Problem requirements ▸ Quote the records below word for word, please, from the very first line through the one that contains "is not permitted.", and nothing beyond it.

Supplied data ▸

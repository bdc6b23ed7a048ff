// Small functions inlined in graphs: a call is replaced by copies of the blocks of its callee. Which calls may be, and what comes
// of it, is defined in specs/Inlined.antt; which of them comes first in specs/Choosing.antt. The laws are the clauses of functions
// that do nothing; `permitted` tests whether a call may be inlined.
#![tactic(auto)]

mod bare;
pub mod by_bank;
mod call_lists;
mod called;
mod caller_blocks;
pub mod choice;
mod edge_blocks;
mod fitting;
pub mod found_call;
mod free_values;
mod inlined_flow;
mod inlining;
pub mod joint;
pub mod known;
mod marks;
mod names;
mod passing;
mod permission;
pub mod places;
pub mod site;
pub mod splice;
mod takes;

ghost use Rattle.vx_inline.specs.Counts.{NumbersStay, OneCallLess};
ghost use Rattle.vx_inline.specs.Joined.{JoinedRuns};
ghost use Rattle.vx_inline.specs.Laws.{InlinedIsOne, InlinedRuns, InlinedRunsAs, InlinedSound, InlinedStays};
ghost use Rattle.vx_inline.specs.Reaching.{NamesStay, ReachedWhereLive};
ghost use Rattle.vx_inline.specs.Renaming.{EffectIsRenamed};
ghost use Rattle.vx_inline.specs.Rows.{EdgesGetBlocks, RowHasNone, RowIsChosen, RowIsInlined, RowIsNotPermitted};

pub use choice::choose;
pub use inlined_flow::inlined_all;
pub use inlining::inline_one;
pub use permission::permitted;

/// An operation with other values in place of its own does the same.
#[tactic(auto, using(crate::proofs::Renaming::effect_is_renamed))]
pub fn effect_is_renamed()
    ensures { EffectIsRenamed }
{}

/// With a callee in place of a call a flow that never fails does the same, and never fails.
#[tactic(auto, using(crate::proofs::Inlines::joined_runs))]
pub fn joined_runs()
    ensures { JoinedRuns }
{}

/// With a permitted call inlined a sound flow that never fails does the same, and never fails.
#[tactic(auto, using(crate::proofs::Joining::inlined_runs))]
pub fn inlined_runs()
    ensures { InlinedRuns }
{}

/// With a permitted call inlined a flow of an accepted program runs as the program.
#[tactic(auto, using(crate::proofs::Programs::inlined_runs_as))]
pub fn inlined_runs_as()
    ensures { InlinedRunsAs }
{}

/// The worked call is permitted, and what comes of it is the worked flow.
#[tactic(auto, using(crate::proofs::Rows::row_is_inlined))]
pub fn row_is_inlined()
    ensures { RowIsInlined }
{}

/// With a value less it is not permitted.
#[tactic(auto, using(crate::proofs::Rows::row_is_not_permitted))]
pub fn row_is_not_permitted()
    ensures { RowIsNotPermitted }
{}

/// The worked call is chosen, whatever the counts are.
#[tactic(auto, using(crate::proofs::Rows::row_is_chosen))]
pub fn row_is_chosen()
    ensures { RowIsChosen }
{}

/// With a value less nothing is chosen.
#[tactic(auto, using(crate::proofs::Rows::row_has_none))]
pub fn row_has_none()
    ensures { RowHasNone }
{}

/// With a permitted call inlined a flow of an accepted program is a flow of the program still.
#[tactic(auto, using(crate::proofs::Programs::inlined_stays))]
pub fn inlined_stays()
    ensures { InlinedStays }
{}

/// With a permitted call inlined a sound flow is sound.
#[tactic(auto, using(crate::proofs::FlowSound::inlined_sound))]
pub fn inlined_sound()
    ensures { InlinedSound }
{}

/// One flow comes of inlining the call of a site.
#[tactic(auto, using(crate::proofs::One::inlined_is_one))]
pub fn inlined_is_one()
    ensures { InlinedIsOne }
{}

/// The trap blocks of both graphs become one for each kind, and two splits that now lead to one of them get blocks for their edges.
#[tactic(auto, using(crate::proofs::Rows::edges_get_blocks))]
pub fn edges_get_blocks()
    ensures { EdgesGetBlocks }
{}

/// A flow with a call inlined has one call less.
#[tactic(auto, using(crate::proofs::Counts::one_call_less))]
pub fn one_call_less()
    ensures { OneCallLess }
{}

/// The blocks of the caller, but for trap blocks, keep their numbers, and their operations in front.
#[tactic(auto, using(crate::proofs::Programs::numbers_stay))]
pub fn numbers_stay()
    ensures { NumbersStay }
{}

/// A function reaches another by calls exactly where the other is live on the routes of calls.
#[tactic(auto, using(crate::proofs::Reaching::reached_where_live))]
pub fn reached_where_live()
    ensures { ReachedWhereLive }
{}

/// Values, parameters and arrays of each graph stay.
#[tactic(auto, using(crate::proofs::Reaching::names_stay))]
pub fn names_stay()
    ensures { NamesStay }
{}
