// Values of a graph by their bank.

ghost use Rattle.std.specs.Prelude.{◌≡◌, ◌++◌, ◌∷◌, [], if◌then◌else◌, true, false, IfOk, Some, length, slice_get, take};
ghost use Rattle.std.specs.List.{filter};
ghost use Rattle.vx_flow.specs.declared.graph.Bank.{Bank};
ghost use Rattle.vx_flow.specs.Sound.{is_bank};
ghost use Rattle.vx_flow.specs.Walk.{numbers};
ghost use Rattle.vx_inline.specs.Inlined.{named};
ghost use Rattle.vx_inline.specs.Values.{is_listed, of_bank};

use crate::marks::{is_marked, marks_of};
use crate::names::names;
use std::alloc::Global;
use vx_base::listed::Listed;
use vx_base::outcome::NoMemory;
use vx_base::sizes::number_of;
use vx_flow::graph::{Bank, Graph, Value};

/// Values by their bank, each list ascending.
#[derive(Drop)]
pub struct ByBank {
    pub general: Listed<Value>,
    pub branch: Listed<Value>,
}

impl ByBank {
    /// Those of a bank.
    pub(crate) fn of(&self, bank: Bank) -> &[Value]
        ensures { result.now ≡ of_bank self.now bank }
    {
        match bank {
            Bank::General => self.general.as_slice(),
            Bank::Branch => self.branch.as_slice(),
        }
    }
}

/// The values that a graph names.
#[tactic(auto, using(crate::proofs::Named::named_by))]
pub(crate) fn named(alloc: Global, graph: &Graph) -> Result<ByBank, NoMemory>
    ensures { IfOk result (λ values. (bank : Bank) → of_bank values bank ≡ named graph.now bank) }
{
    let names = names(alloc, graph)?;
    let marks = marks_of(alloc, graph.banks.len(), names.as_slice())?;
    marked_by_bank(alloc, graph.banks.as_slice(), marks.as_slice())
}

/// The values that are marked.
#[tactic(auto, using(crate::proofs::Named::both_listed))]
fn marked_by_bank(alloc: Global, banks: &[Bank], marks: &[bool]) -> Result<ByBank, NoMemory>
    ensures { IfOk result (λ values. (bank : Bank) → of_bank values bank ≡ filter (is_listed banks.now marks.now true bank) (numbers 0 (length banks.now))) }
{
    let general = listed(alloc, banks, marks, Bank::General)?;
    let branch = listed(alloc, banks, marks, Bank::Branch)?;
    Ok(ByBank { general, branch })
}

#[tactic(auto, using(crate::proofs::Named::next_in, crate::proofs::Named::next_out))]
fn listed(
    alloc: Global,
    banks: &[Bank],
    marks: &[bool],
    bank: Bank,
) -> Result<Listed<Value>, NoMemory>
    ensures { IfOk result (λ values. values ≡ filter (is_listed banks.now marks.now true bank) (numbers 0 (length banks.now))) }
{
    let count = number_of(banks.len())?;
    let mut values = Listed::new(alloc);
    for value in 0..count {
        if is_listed(banks, marks, true, bank, value) {
            values.push(value)?;
        }
    }
    Ok(values)
}

/// Of each bank the first values that are not marked, at most as many as there are others.
#[tactic(auto, using(crate::proofs::Named::both_first))]
pub(crate) fn first_unmarked(
    alloc: Global,
    banks: &[Bank],
    marks: &[bool],
    others: &ByBank,
) -> Result<ByBank, NoMemory>
    ensures { IfOk result (λ values. (bank : Bank) → of_bank values bank ≡ take (length (of_bank others.now bank)) (filter (is_listed banks.now marks.now false bank) (numbers 0 (length banks.now)))) }
{
    let general = first_of(alloc, banks, marks, Bank::General, others.general.len())?;
    let branch = first_of(alloc, banks, marks, Bank::Branch, others.branch.len())?;
    Ok(ByBank { general, branch })
}

fn first_of(
    alloc: Global,
    banks: &[Bank],
    marks: &[bool],
    bank: Bank,
    most: usize,
) -> Result<Listed<Value>, NoMemory>
    ensures { IfOk result (λ values. values ≡ take most (filter (is_listed banks.now marks.now false bank) (numbers 0 (length banks.now)))) }
{
    let count = number_of(banks.len())?;
    let mut values = Listed::new(alloc);
    for value in 0..count {
        if values.len() >= most {
            return Ok(values);
        }
        push_unmarked(&mut values, banks, marks, bank, value)?;
    }
    Ok(values)
}

fn push_unmarked(
    values: &mut Listed<Value>,
    banks: &[Bank],
    marks: &[bool],
    bank: Bank,
    value: Value,
) -> Result<(), NoMemory>
    ensures { IfOk result (λ _. values.new ≡ values.old ++ (if is_listed banks.now marks.now false bank value then value ∷ [] else [])) }
{
    if is_listed(banks, marks, false, bank, value) {
        values.push(value)?;
    }
    Ok(())
}

fn is_listed(banks: &[Bank], marks: &[bool], marked: bool, bank: Bank, value: Value) -> bool
    ensures { result ≡ is_listed banks.now marks.now marked bank value }
{
    is_in_bank(banks, bank, value)
        && if marked {
            is_marked(marks, value)
        } else {
            !is_marked(marks, value)
        }
}

fn is_in_bank(banks: &[Bank], bank: Bank, value: Value) -> bool
    ensures { result ≡ is_bank bank (slice_get banks.now value) }
{
    match banks.get(value as usize) {
        Some(own) => is_same(bank, *own),
        None => false,
    }
}

fn is_same(bank: Bank, own: Bank) -> bool
    ensures { result ≡ is_bank bank (Some own) }
{
    match (bank, own) {
        (Bank::General, Bank::General) => true,
        (Bank::Branch, Bank::Branch) => true,
        _ => false,
    }
}
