// What is known of a flow while its calls are inlined, so that no step looks again for what it does not change.

ghost use Rattle.std.specs.Prelude.{◌≡◌, ◌↔◌, ◌<◌, ◌+◌, ◌++◌, ◌∷◌, ℕ, true, [], IfOk, IsTrue, Some, drop, get_or, length, map, slice_get, slice_set};
ghost use Rattle.vx_flow.specs.declared.graph.Flow.{Flow};
ghost use Rattle.vx_flow.specs.declared.graph.Graph.{Graph};
ghost use Rattle.vx_flow.specs.Rows.{lives};
ghost use Rattle.vx_flow.specs.Sound.{SoundFlow};
ghost use Rattle.vx_inline.specs.Inlined.{Inlined, Reaches};
ghost use Rattle.vx_inline.specs.Keeping.{KeepsSite, Knows, KnowsApart, KnowsBehind, LiveFor, NextKnown};
ghost use Rattle.vx_inline.specs.Values.{is_bare};
ghost use Rattle.vx_inline.specs.declared.site.Site.{Site};

use crate::bare::is_bare;
use crate::called::reached;
use crate::fitting::calls_nothing;
use crate::permission::stands_by;
use std::alloc::Global;
use vx_base::outcome::NoMemory;
use vx_base::sizes::number_of;
use vx_flow::graph::{Flow, Graph};
use vx_flow::live;
use vx_flow::live_rows::Live;

/// What is known of a flow, function by function.
#[derive(Drop)]
pub struct Known {
    /// Whether the function is on no cycle of calls, and no function on one reaches it.
    pub apart: Vec<bool>,
    /// The values that are live at the blocks to which its calls return; other rows tell nothing.
    pub live: Vec<Live>,
    /// Whether the function surely makes no place of an array that is no global, and no base.
    pub bare: Vec<bool>,
}

/// What is known of a flow, looked for from nothing.
pub(crate) fn known_of(alloc: Global, flow: &Flow) -> Result<Known, NoMemory>
    ensures { IfOk result (λ known. Knows flow.now known) }
{
    let apart = apart_of(alloc, flow)?;
    let live = live_of(alloc, flow.functions.as_slice())?;
    let bare = bare_of(alloc, flow.functions.as_slice())?;
    Ok(Known { apart, live, bare })
}

/// Which functions make no place of an array that is no global, and no base.
fn bare_of(alloc: Global, functions: &[Graph]) -> Result<Vec<bool>, NoMemory>
    ensures { IfOk result (λ bare. bare.items ≡ map (λ (g : Graph). is_bare g.arrays g.blocks) functions.now) }
{
    let mut bare = Vec::new(alloc);
    for graph in functions {
        bare.push(is_bare_in(graph))?;
    }
    Ok(bare)
}

fn is_bare_in(graph: &Graph) -> bool
    ensures { result ≡ is_bare graph.now.arrays graph.now.blocks }
{
    is_bare(graph.arrays.as_slice(), graph.blocks.as_slice())
}

/// Which functions are on no cycle of calls and reached by none on one.
fn apart_of(alloc: Global, flow: &Flow) -> Result<Vec<bool>, NoMemory>
    ensures { IfOk result (λ apart. KnowsApart flow.now apart.items) }
{
    let count = number_of(flow.functions.len())?;
    let reached = reached(alloc, flow)?;
    apart_by(alloc, flow, &reached, count)
}

#[tactic(auto, using(crate::proofs::KnownStays::apart_first, crate::proofs::KnownStays::apart_next))]
fn apart_by(alloc: Global, flow: &Flow, reached: &Live, count: u32) -> Result<Vec<bool>, NoMemory>
    requires reached { (f g : ℕ) → IsTrue (lives reached.now f g) ↔ Reaches flow.now f g }
    requires count { count ≡ length flow.now.functions }
    ensures { IfOk result (λ apart. KnowsApart flow.now apart.items) }
{
    let mut apart = Vec::new(alloc);
    for function in 0..count {
        apart.push(stands_by(flow, reached, count, function))?;
    }
    Ok(apart)
}

/// What is live behind the calls of each function.
#[tactic(auto, using(crate::proofs::KnownStays::live_first, crate::proofs::KnownStays::live_done))]
fn live_of(alloc: Global, functions: &[Graph]) -> Result<Vec<Live>, NoMemory>
    ensures { IfOk result (λ live. LiveFor functions.now live.items []) }
{
    let mut lives = Vec::new(alloc);
    for (place, graph) in functions.iter().enumerate() {
        push_live(alloc, &mut lives, functions, place, graph)?;
    }
    Ok(lives)
}

fn push_live(
    alloc: Global,
    lives: &mut Vec<Live>,
    functions: &[Graph],
    place: usize,
    graph: &Graph,
) -> Result<(), NoMemory>
    requires low { place < length functions.now }
    requires graph { graph.now ≡ get_or functions.now place graph.now }
    requires before { LiveFor functions.now lives.old.items (drop place functions.now) }
    ensures { IfOk result (λ _. LiveFor functions.now lives.new.items (drop (place + 1) functions.now)) }
{
    let _functions = functions;
    let live = live_behind(alloc, graph)?;
    lives.push(live)?;
    Ok(())
}

/// What is live behind the calls of a function.
fn live_behind(alloc: Global, graph: &Graph) -> Result<Live, NoMemory>
    ensures { IfOk result (λ live. KnowsBehind graph.now live) }
{
    if calls_nothing(graph.blocks.as_slice()) {
        Ok(Live::nowhere(alloc))
    } else {
        live(alloc, graph)
    }
}

/// What is known of a flow in which a call of a function is inlined, by what was known before: if what is live behind the calls of
/// the function may be other, it is looked for again.
pub(crate) fn known_next(
    alloc: Global,
    known: Known,
    stays: bool,
    function: u32,
    new: &Flow,
) -> Result<Known, NoMemory>
    ensures { IfOk result (λ next. (flow : Flow) (site : Site) → Inlined flow site new.now → SoundFlow flow → site.function ≡ function → (stays ≡ true → KeepsSite flow site) → Knows flow known → Knows new.now next) }
{
    if stays {
        Ok(known)
    } else {
        anew(alloc, known, function, new)
    }
}

fn anew(alloc: Global, known: Known, function: u32, new: &Flow) -> Result<Known, NoMemory>
    ensures { IfOk result (λ next. NextKnown new.now function known next) }
{
    match new.functions.as_slice().get(function as usize) {
        Some(graph) => anew_for(alloc, known, function, new, graph),
        None => Err(NoMemory),
    }
}

fn anew_for(
    alloc: Global,
    known: Known,
    function: u32,
    new: &Flow,
    graph: &Graph,
) -> Result<Known, NoMemory>
    requires { slice_get new.now.functions function ≡ Some graph.now }
    ensures { IfOk result (λ next. NextKnown new.now function known next) }
{
    let live = live_behind(alloc, graph)?;
    Ok(with_live(known, function, live, is_bare_in(graph)))
}

/// With what is live behind the calls of one function, and whether it is bare.
fn with_live(known: Known, function: u32, live: Live, bare: bool) -> Known
    ensures apart { result.apart ≡ known.apart }
    ensures live { result.live.items ≡ slice_set known.live.items function live }
    ensures bare { result.bare.items ≡ slice_set known.bare.items function bare }
{
    let Known {
        apart,
        live: mut lives,
        bare: mut bares,
    } = known;
    if (function as usize) < lives.len() {
        lives[function as usize] = live;
    }
    if (function as usize) < bares.len() {
        bares[function as usize] = bare;
    }
    Known {
        apart,
        live: lives,
        bare: bares,
    }
}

Task result ▸
repository bdc6b23ed7a048ff
// Small functions inlined in graphs: a call is replaced by copies of the blocks of its callee. Which calls may be, and what comes
// of it, is defined in specs/Inlined.antt; which of them comes first in specs/Choosing.antt. The laws are the clauses of functions
// that do nothing; `permitted` tests whether a call may be inlined.
#![tactic(auto)]

mod bare;
pub mod by_bank;
mod call_lists;
mod called;
mod caller_blocks;
pub mod choice;
mod edge_blocks;
mod fitting;
pub mod found_call;
mod free_values;
mod inlined_flow;
mod inlining;
pub mod joint;
pub mod known;
mod marks;
mod names;
mod passing;
mod permission;
pub mod places;
pub mod site;
pub mod splice;
mod takes;

ghost use Rattle.vx_inline.specs.Counts.{NumbersStay, OneCallLess};
ghost use Rattle.vx_inline.specs.Joined.{JoinedRuns};
ghost use Rattle.vx_inline.specs.Laws.{InlinedIsOne, InlinedRuns, InlinedRunsAs, InlinedSound, InlinedStays};
ghost use Rattle.vx_inline.specs.Reaching.{NamesStay, ReachedWhereLive};
ghost use Rattle.vx_inline.specs.Renaming.{EffectIsRenamed};
ghost use Rattle.vx_inline.specs.Rows.{EdgesGetBlocks, RowHasNone, RowIsChosen, RowIsInlined, RowIsNotPermitted};

pub use choice::choose;
pub use inlined_flow::inlined_all;
pub use inlining::inline_one;
pub use permission::permitted;

/// An operation with other values in place of its own does the same.
#[tactic(auto, using(crate::proofs::Renaming::effect_is_renamed))]
pub fn effect_is_renamed()
    ensures { EffectIsRenamed }
{}

/// With a callee in place of a call a flow that never fails does the same, and never fails.
#[tactic(auto, using(crate::proofs::Inlines::joined_runs))]
pub fn joined_runs()
    ensures { JoinedRuns }
{}

/// With a permitted call inlined a sound flow that never fails does the same, and never fails.
#[tactic(auto, using(crate::proofs::Joining::inlined_runs))]
pub fn inlined_runs()
    ensures { InlinedRuns }
{}

/// With a permitted call inlined a flow of an accepted program runs as the program.
#[tactic(auto, using(crate::proofs::Programs::inlined_runs_as))]
pub fn inlined_runs_as()
    ensures { InlinedRunsAs }
{}

/// The worked call is permitted, and what comes of it is the worked flow.
#[tactic(auto, using(crate::proofs::Rows::row_is_inlined))]
pub fn row_is_inlined()
    ensures { RowIsInlined }
{}

/// With a value less it is not permitted.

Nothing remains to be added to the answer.